**Task to complete:** From the line containing "let added = add_last_table(mem, cfg, last, pieces);" down to the line containing "or something malformed." in the records below, reproduce every line exactly, ends included, and omit all others.

**Data shown:**
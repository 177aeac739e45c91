//! The device's end of a split virtqueue (VIRTIO 1.2, 2.7).
//!
//! A driver makes chains of descriptors available in the available ring. `SplitDevice` takes them in that order,
//! whatever bytes memory holds, and gives them back in the used ring in any order.
#![tactic(auto)]

mod areas;
mod device;
mod walk;

pub use device::SplitDevice;
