//! The chain that begins at a head.

ghost use Rattle.std.specs.Prelude.{◌≡◌, ◌+◌, ◌*◌, ◌≤◌, [], ◌∷◌, true, length};
ghost use Rattle.vq_common.specs.Chain.{shown_if, walked};
ghost use Rattle.vq_common.specs.Descriptor.{is_indirect};
ghost use Rattle.vq_common.specs.Table.{pieces_if, pieces_with};
ghost use Rattle.vq_split_dev.specs.Walk.{WalksTo, chain_pieces, chain_shown};

use arrayvec::ArrayVec;
use guest_mem::GuestMem;
use vq_common::{Chain, Descriptor, Piece, RingCfg, Take, WalkStep, add_table, are_pieces_valid};
use vt_types::MOST_PIECES;

/// Adds the pieces of the table that the last descriptor of a chain names, and answers whether it did. A descriptor with
/// NEXT names none, and neither does one of a ring without VIRTIO_F_INDIRECT_DESC.
fn add_last_table(
    mem: &GuestMem,
    cfg: &RingCfg,
    last: Descriptor,
    pieces: &mut ArrayVec<Piece, MOST_PIECES>,
) -> bool
    requires { is_indirect last.flags ≡ true }
    ensures { pieces_if result pieces.new.items ≡ pieces_with pieces.old.items (chain_pieces mem.now.bytes cfg.now (last ∷ [])) }
{
    cfg.indirect && !last.has_next() && add_table(mem, last.addr, last.len, cfg.size, true, pieces)
}

/// Finds the pieces of the chain that begins at a head, and answers how many descriptors of the ring it takes. None
/// where the chain is malformed; whether its pieces keep the rules isn't tested.
fn walk(
    mem: &GuestMem,
    cfg: &RingCfg,
    head: u16,
    pieces: &mut ArrayVec<Piece, MOST_PIECES>,
) -> Option<u16>
    requires none { pieces.old.items ≡ [] }
    requires table { cfg.now.desc + 16 * cfg.now.size ≤ length mem.now.bytes }
    ensures { WalksTo mem.now.bytes cfg.now head result pieces.new.items }
{
    let mut location = head;
    'descriptors: for index in 0..cfg.size {
        match WalkStep::take(mem, cfg.desc, cfg.size, location, pieces) {
            WalkStep::Next(next) => location = next,
            WalkStep::End => return Some(index + 1),
            WalkStep::Table(last) => {
                let added = add_last_table(mem, cfg, last, pieces);
                return if added { Some(index + 1) } else { None };
            }
            WalkStep::Bad => return None,
        }
    }
    None
}

/// Finds the chain that begins at the id of `chain`, which has no pieces yet, and answers whether there is one that keeps
/// the rules.
fn find_chain(mem: &GuestMem, cfg: &RingCfg, chain: &mut Chain) -> bool
    requires none { chain.old.pieces.items ≡ [] }
    requires table { cfg.now.desc + 16 * cfg.now.size ≤ length mem.now.bytes }
    ensures { shown_if result chain.new ≡ chain_shown mem.now.bytes cfg.now chain.old.id }
{
    let Some(slots) = walk(mem, cfg, chain.id, &mut chain.pieces) else {
        return false;
    };
    chain.slots = slots;
    are_pieces_valid(mem.len(), chain.pieces.as_slice())
}

/// What the ring shows at a head that it has: the chain of that head, or something malformed.
pub fn chain_at(mem: &GuestMem, cfg: &RingCfg, head: u16) -> Take
    requires { cfg.now.desc + 16 * cfg.now.size ≤ length mem.now.bytes }
    ensures { walked result ≡ chain_shown mem.now.bytes cfg.now head }
{
    let mut chain = Chain {
        id: head,
        slots: 0,
        pieces: ArrayVec::new(),
    };
    if find_chain(mem, cfg, &mut chain) {
        Take::Front(chain)
    } else {
        Take::Bad
    }
}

**Solution to the problem:**
                let added = add_last_table(mem, cfg, last, pieces);
                return if added { Some(index + 1) } else { None };
            }
            WalkStep::Bad => return None,
        }
    }
    None
}

/// Finds the chain that begins at the id of `chain`, which has no pieces yet, and answers whether there is one that keeps
/// the rules.
fn find_chain(mem: &GuestMem, cfg: &RingCfg, chain: &mut Chain) -> bool
    requires none { chain.old.pieces.items ≡ [] }
    requires table { cfg.now.desc + 16 * cfg.now.size ≤ length mem.now.bytes }
    ensures { shown_if result chain.new ≡ chain_shown mem.now.bytes cfg.now chain.old.id }
{
    let Some(slots) = walk(mem, cfg, chain.id, &mut chain.pieces) else {
        return false;
    };
    chain.slots = slots;
    are_pieces_valid(mem.len(), chain.pieces.as_slice())
}

/// What the ring shows at a head that it has: the chain of that head, or something malformed.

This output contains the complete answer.